仏壇を購入する時に気になること☆専門家が答えるQ&A
仏壇を購入するとなっても、現代では日ごろ仏壇に馴染みのない家も多く、その時になって自分の家の宗旨宗派が分からなかったり、仏壇を購入する際のしきたりやルールが不安になることもありますよね。
日ごろ仏壇を購入する機会など、そもそもありませんから、仏具店に行っても「自分達に何が必要なのか…。
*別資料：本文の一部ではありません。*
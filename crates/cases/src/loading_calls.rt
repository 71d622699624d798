//! What comes of files that are loaded, and what is reported of their policy.

use crate::answer_output::push_debug_format;
use crate::case_frames::{split_first_part, split_first_part_or_empty};
use std::alloc::{AllocError, Global};
use sudoers_check::{check, report_text, unused};
use sudoers_tree::{Items, Line, LoadFault, NamedFile, Policy};

/// What is asked of the policy of files.
#[derive(Clone, Copy)]
pub enum LoadedPolicyTopic {
    /// Its walk.
    Walk,
    /// Its files.
    Files,
    /// The notes of its report.
    Notes,
    /// Its unused definitions.
    Unused,
    /// The text of its report.
    Report { strict: bool },
    /// Whether its report is fine.
    Fine,
}

/// Returns the topic of a report, which is a strict one if `asked` is `s`.
pub fn report_topic_of_strictness_bytes(asked: &[u8]) -> LoadedPolicyTopic {
    LoadedPolicyTopic::Report {
        strict: asked == b"s".as_slice(),
    }
}

/// Adds what the policy of the files that `parts` are answers, or their fault; `no file` if there is none.
pub fn push_loaded_files_answer(
    alloc: Global,
    parts: &[u8],
    topic: LoadedPolicyTopic,
    answers: &mut String,
) -> Result<(), AllocError> {
    let files = named_files_of_parts(alloc, parts)?;
    if files.is_empty() {
        return answers.push_str("no file");
    }
    push_topic_answer_or_load_fault(alloc, Policy::load(alloc, files.as_slice()), topic, answers)
}

/// Returns the files that `parts` are, a name and a text each.
pub fn named_files_of_parts(alloc: Global, parts: &[u8]) -> Result<Vec<NamedFile>, AllocError> {
    let mut files = Vec::new(alloc);
    let mut left = parts;
    for _ in 0..parts.len() {
        let Some((name, rest)) = split_first_part(left) else {
            break;
        };
        let (bytes, rest) = split_first_part_or_empty(rest);
        files.push(NamedFile {
            name: Items::from_slice(alloc, name)?,
            bytes: Items::from_slice(alloc, bytes)?,
        })?;
        left = rest;
    }
    Ok(files)
}

/// Adds what the policy that is loaded answers, or the fault in its place; an error if memory ran out.
fn push_topic_answer_or_load_fault(
    alloc: Global,
    loaded: Result<Policy, LoadFault>,
    topic: LoadedPolicyTopic,
    answers: &mut String,
) -> Result<(), AllocError> {
    match loaded {
        Ok(policy) => push_topic_answer(alloc, &policy, topic, answers),
        Err(LoadFault::NoMemory) => Err(AllocError),
        Err(fault) => push_debug_format(&fault, answers),
    }
}

/// Adds what `policy` answers.
pub fn push_topic_answer(
    alloc: Global,
    policy: &Policy,
    topic: LoadedPolicyTopic,
    answers: &mut String,
) -> Result<(), AllocError> {
    match topic {
        LoadedPolicyTopic::Walk => push_walk_of_policy(policy, answers),
        LoadedPolicyTopic::Files => push_policy_files(policy, answers),
        LoadedPolicyTopic::Notes => push_debug_format(&check(alloc, policy)?, answers),
        LoadedPolicyTopic::Unused => push_debug_format(&unused(alloc, policy)?, answers),
        LoadedPolicyTopic::Report { strict } => push_report_text(alloc, policy, strict, answers),
        LoadedPolicyTopic::Fine => push_whether_report_passes_and_text_len(alloc, policy, answers),
    }
}

/// Adds the numbers of the files on the walk, where its lines stand, and the text of each line, with a tab before each.
pub fn push_walk_of_policy(policy: &Policy, answers: &mut String) -> Result<(), AllocError> {
    push_debug_format(&policy.numbers_of_files_on_walk(), answers)?;
    answers.push('\t')?;
    push_debug_format(&policy.spots_of_walk_lines(), answers)?;
    let lines = policy.lines();
    for row in lines.rows {
        answers.push('\t')?;
        push_debug_format(&Line::from_line_row(lines.tables, row).text, answers)?;
    }
    Ok(())
}

/// Adds the name of each file, its text and its lines, with a tab behind each of the three.
pub fn push_policy_files(policy: &Policy, answers: &mut String) -> Result<(), AllocError> {
    for file in 0..policy.files() {
        push_debug_format(&policy.file_name(file), answers)?;
        answers.push('\t')?;
        push_debug_format(&policy.text(file)?, answers)?;
        answers.push('\t')?;
        push_texts_of_lines_in_file(policy, file, answers)?;
        answers.push('\t')?;
    }
    Ok(())
}

/// Adds the text of each line of a file, with a space behind each.
fn push_texts_of_lines_in_file(
    policy: &Policy,
    file: usize,
    answers: &mut String,
) -> Result<(), AllocError> {
    for number in 0..policy.len(file) {
        if let Some(line) = policy.line(file, number) {
            push_debug_format(&line, answers)?;
            answers.push(' ')?;
        }
    }
    Ok(())
}

/// Adds the text of the report, which is a strict one with `strict`.
fn push_report_text(
    alloc: Global,
    policy: &Policy,
    strict: bool,
    answers: &mut String,
) -> Result<(), AllocError> {
    let report = check(alloc, policy)?;
    push_debug_format(&report_text(alloc, policy, &report, strict)?, answers)
}

/// Adds whether the report is fine, and is with strictness, and how long its text is.
fn push_whether_report_passes_and_text_len(
    alloc: Global,
    policy: &Policy,
    answers: &mut String,
) -> Result<(), AllocError> {
    let report = check(alloc, policy)?;
    let text = report_text(alloc, policy, &report, false)?;
    push_debug_format(
        &(
            report.is_parsed_ok(false),
            report.is_parsed_ok(true),
            text.len(),
        ),
        answers,
    )
}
」良く分からないまま、家に戻ることも少なくありません。
もしも仏壇を購入することになったのなら、仏具屋さんより先に菩提寺があれば菩提寺を訪ねて、必要な仏壇・仏具などを質問すれば良いのですが、今では宗旨宗派にこだわらない、民間霊園にお墓を建てる方々も増えてきました。
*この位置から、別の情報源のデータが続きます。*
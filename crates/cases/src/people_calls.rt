//! What `sudoers_list_people` says of the texts of passwd and group and of who asks what, and what `sudoers_list` and `sudoers_match` say
//! of him.

use crate::answer_output::{
    push_people_fault, push_target_moment_and_command_of_request,
    push_user_groups_host_and_interfaces, push_users_and_groups, push_who_fault,
};
use crate::case_frames::{CaseCall, split_first_part, split_first_part_or_empty, words_of_parts};
use crate::policy_questions::{self, PolicyQuestion};
use std::alloc::{AllocError, Global};
use sudoers_list_people::{People, WhoFault, request_for, who_for};
use sudoers_match::Request;
use sudoers_match_member::Who;

/// What is asked.
#[derive(Clone, Copy)]
enum PeopleTopic {
    /// All users and groups.
    People,
    /// Something about a user on a host.
    User(UserInquiryTopic),
}

impl PeopleTopic {
    /// Returns what `byte` asks.
    fn from_topic_byte(byte: u8) -> Option<PeopleTopic> {
        match byte {
            b'P' => Some(PeopleTopic::People),
            b'W' => Some(PeopleTopic::User(UserInquiryTopic::Who)),
            b'R' => Some(PeopleTopic::User(UserInquiryTopic::Request)),
            b'L' => Some(PeopleTopic::User(UserInquiryTopic::Listing)),
            b'D' => Some(PeopleTopic::User(UserInquiryTopic::Default)),
            b'A' => Some(PeopleTopic::User(UserInquiryTopic::Allowed)),
            _ => None,
        }
    }
}

/// What is asked about a user on a host.
#[derive(Clone, Copy)]
enum UserInquiryTopic {
    /// Who he is: his groups, and the host.
    Who,
    /// What he asks for.
    Request,
    /// What he may run.
    Listing,
    /// As whom his commands run where nothing else is said.
    Default,
    /// Whether a policy allows what he asks for.
    Allowed,
}

/// The parts of a body behind the two files of people. A part that is missing is empty.
#[derive(Clone, Copy)]
struct InquiryParts<'a> {
    user: &'a [u8],
    host: &'a [u8],
    interfaces: &'a [u8],
    policy: &'a [u8],
    target: &'a [u8],
    /// A part that names the group, if one is asked for.
    target_group: &'a [u8],
    stamp: &'a [u8],
    /// Parts that are the words of the command.
    command: &'a [u8],
}

impl InquiryParts<'_> {
    /// Returns the words that `parts` are.
    fn from_inquiry_parts(parts: &[u8]) -> InquiryParts<'_> {
        let (user, rest) = split_first_part_or_empty(parts);
        let (host, rest) = split_first_part_or_empty(rest);
        let (interfaces, rest) = split_first_part_or_empty(rest);
        let (policy, rest) = split_first_part_or_empty(rest);
        let (target, rest) = split_first_part_or_empty(rest);
        let (target_group, rest) = split_first_part_or_empty(rest);
        let (stamp, rest) = split_first_part_or_empty(rest);
        let (command, _) = split_first_part_or_empty(rest);
        InquiryParts {
            user,
            host,
            interfaces,
            policy,
            target,
            target_group,
            stamp,
            command,
        }
    }
}

/// Adds the answer to `call`, or why its people are not read; `unknown` if this is not known.
pub fn push_answer_of_people_call(
    alloc: Global,
    call: CaseCall<'_>,
    answers: &mut String,
) -> Result<(), AllocError> {
    let Some(topic) = PeopleTopic::from_topic_byte(call.asked) else {
        return answers.push_str("unknown");
    };
    let (passwd, rest) = split_first_part_or_empty(call.body);
    let (group, parts) = split_first_part_or_empty(rest);
    match People::read(alloc, passwd, group) {
        Ok(people) => push_people_topic_answer(
            alloc,
            &people,
            topic,
            InquiryParts::from_inquiry_parts(parts),
            answers,
        ),
        Err(fault) => push_people_fault(fault, answers),
    }
}

/// Adds what is asked of `people`, or why `words` name nobody.
fn push_people_topic_answer(
    alloc: Global,
    people: &People,
    topic: PeopleTopic,
    words: InquiryParts<'_>,
    answers: &mut String,
) -> Result<(), AllocError> {
    let PeopleTopic::User(inquiry) = topic else {
        return push_users_and_groups(people, answers);
    };
    match push_user_inquiry_answer(alloc, people, inquiry, words, answers) {
        Ok(()) => Ok(()),
        Err(fault) => push_who_fault(fault, answers),
    }
}

/// Adds what is asked about the user and the host that `words` name.
///
/// # Errors
///
/// Those of `who_for` and `request_for`, before anything is added; and `NoMemory`.
fn push_user_inquiry_answer(
    alloc: Global,
    people: &People,
    inquiry: UserInquiryTopic,
    words: InquiryParts<'_>,
    answers: &mut String,
) -> Result<(), WhoFault> {
    let who = who_for(alloc, people, words.user, words.host, words.interfaces)?;
    match inquiry {
        UserInquiryTopic::Who => push_user_groups_host_and_interfaces(&who, answers)?,
        UserInquiryTopic::Listing => {
            policy_questions::push_answer_of_policy_text(
                alloc,
                words.policy,
                PolicyQuestion::Listing(&who),
                answers,
            )?;
        }
        UserInquiryTopic::Default => {
            policy_questions::push_answer_of_policy_text(
                alloc,
                words.policy,
                PolicyQuestion::Default(&who),
                answers,
            )?;
        }
        UserInquiryTopic::Request => push_target_moment_and_command_of_request(
            &request_of_who_and_inquiry_parts(alloc, people, who, words)?,
            answers,
        )?,
        UserInquiryTopic::Allowed => {
            let request = request_of_who_and_inquiry_parts(alloc, people, who, words)?;
            policy_questions::push_answer_of_policy_text(
                alloc,
                words.policy,
                PolicyQuestion::Allowed(&request),
                answers,
            )?;
        }
    }
    Ok(())
}

/// Returns the request of `who` that `words` make.
fn request_of_who_and_inquiry_parts(
    alloc: Global,
    people: &People,
    who: Who,
    words: InquiryParts<'_>,
) -> Result<Request, WhoFault> {
    let group = split_first_part(words.target_group).map(|(name, _)| name);
    let command = words_of_parts(alloc, words.command)?;
    request_for(
        alloc,
        people,
        who,
        words.target,
        group,
        command.as_slice(),
        words.stamp,
    )
}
仏壇を購入する時に何より大切な事柄は心ではありますが、できる限り昔ながらの決まり事やしきたりにも倣って、きちんとした供養をしたいですよね。
そこで今回は、仏壇を購入する際に戸惑いやすい、仏具店で多い質問からいくつかピックアップして、その解説をお伝えします。
仏壇を購入する時に気になること☆
専門家が答えるQ&A
仏壇を購入する時期はいつ頃?
正式な位牌を仕立てる目安が四十九日であるため、仏壇も理想としては四十九日までに購入するのが理想的ではあります。とは言っても、現代では緩くなり必ず四十九日に合わせる必要はありません。
【 仏壇を購入するタイミング 】
★ 基本的には気持ちが大切ですので、家に迎え入れたい時期に購入するのが一番です。
・ ただ、四十九日までは忌中ですので、四十九日前に仏壇を迎え入れた場合には、忌明けの四十九日までは扉を開けないのが習わしです。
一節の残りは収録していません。